3479 Jon Olav Hauglid	2011-01-10
      Bug #53322 deadlock with FLUSH TABLES WITH READ LOCK and DROP FUNCTION
      
      This deadlock could occur between two connections if one connection
      first locked the mysql.func table (using either FLUSH TABLES WITH 
      READ LOCK or LOCK TABLE mysql.func WRITE). If the second connection
      then tried to either CREATE or DROP an UDF function, a deadlock would
      occur when the first connection tried to use an UDF function.
      
      The reason for the deadlock was the way the THR_LOCK_udf rwlock was
      used in the UDF handling code. For CREATE or DROP FUNCTION (UDF),
      THR_LOCK_udf was write locked before mysql.func was locked and opened.
      This meant that another connection first locking mysql.func and later
      using an UDF function (and thus locking THR_LOCK_udf), could cause
      a deadlock.
      
      This patch fixes the problem by changing the CREATE and DROP FUNCTION
      (UDF) implementation to open mysql.func before locking THR_LOCK_udf.
      
      Test case added to udf.test.
[10 Jan 2011 16:28] Bugs System
Pushed into mysql-trunk 5.6.2 (revid:jon.hauglid@oracle.com-20110110162745-631sf4i0orwehwfr) (version source revid:jon.hauglid@oracle.com-20110110162745-631sf4i0orwehwfr) (merge vers: 5.6.2) (pib:24)

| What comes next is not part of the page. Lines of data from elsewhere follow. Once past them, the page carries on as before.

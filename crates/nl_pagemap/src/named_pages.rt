// The device writes pages under numbers that it picks, reads them and takes them out of use.
ghost use Rattle.nl_pagemap.specs.Laws.{holds_live, is_a_state, is_names, leaves_pages, named_below};

use crate::pagemap::Pagemap;
use nl_field::{Named, NamedRead, PageBuf, Pointer, Tag};
use nl_iface::NamedPages;
use nl_nand::{Nand, WriteAnswer};
use nl_pagemap_names::Entry;
use nl_pseg_pages::read_page;

impl<M: Nand> NamedPages for Pagemap<M> {
    ghost state = { λ d f. is_a_state f };

    ghost tables = { λ d f. is_names f };

    ghost stores_pages = { λ d t f. record { holds = holds_live f t; pages = leaves_pages f t; named_below = named_below f t } };

    fn nameless_write(&mut self, tag: Tag, from: &PageBuf) -> Named {
        if self.room == 0 {
            return Named::NoPage;
        }
        let at = self.new_pointer();
        let block = self.next_block();
        let page = self.next_page(block);
        match self.program(block, tag, from) {
            WriteAnswer::Failed => Named::Fault,
            WriteAnswer::Done => {
                let stamp = at.stamp;
                self.table.give(at.name, Entry { page, tag, stamp });
                self.count += 1;
                Named::Placed(at)
            }
        }
    }

    fn nameless_overwrite(&mut self, old: Pointer, tag: Tag, from: &PageBuf) -> Named {
        if !self.leads(old) {
            return Named::NotLive;
        }
        if self.room == 0 {
            return Named::NoPage;
        }
        let at = self.new_pointer();
        let block = self.next_block();
        let page = self.next_page(block);
        match self.program(block, tag, from) {
            WriteAnswer::Failed => Named::Fault,
            WriteAnswer::Done => {
                let stamp = at.stamp;
                self.table.give(at.name, Entry { page, tag, stamp });
                self.table.release(old.name);
                Named::Placed(at)
            }
        }
    }

    fn physical_read(&mut self, at: Pointer, tag: Tag, buf: &mut PageBuf) -> NamedRead {
        let Some(entry) = self.entry_of(at) else {
            return NamedRead::NotLive;
        };
        if entry.tag != tag {
            return NamedRead::Lost {
                wanted: at.stamp,
                found: 0,
            };
        }
        read_page(&mut self.media, entry.page, tag, at.stamp, buf)
    }

    fn free(&mut self, at: Pointer) -> bool {
        if !self.leads(at) {
            return false;
        }
        self.table.release(at.name);
        self.count -= 1;
        true
    }

    fn resolve(&self, name: u32) -> u32 {
        name
    }
}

[20 Jan 2011 19:34] Paul DuBois
Noted in 5.6.2 changelog.

If one connection locked the mysql.func table using either FLUSH
TABLES WITH READ LOCK or LOCK TABLE mysql.func WRITE and a second
connection tried to either create or drop a UDF function, a deadlock
occurred when the first connection tried to use a UDF function.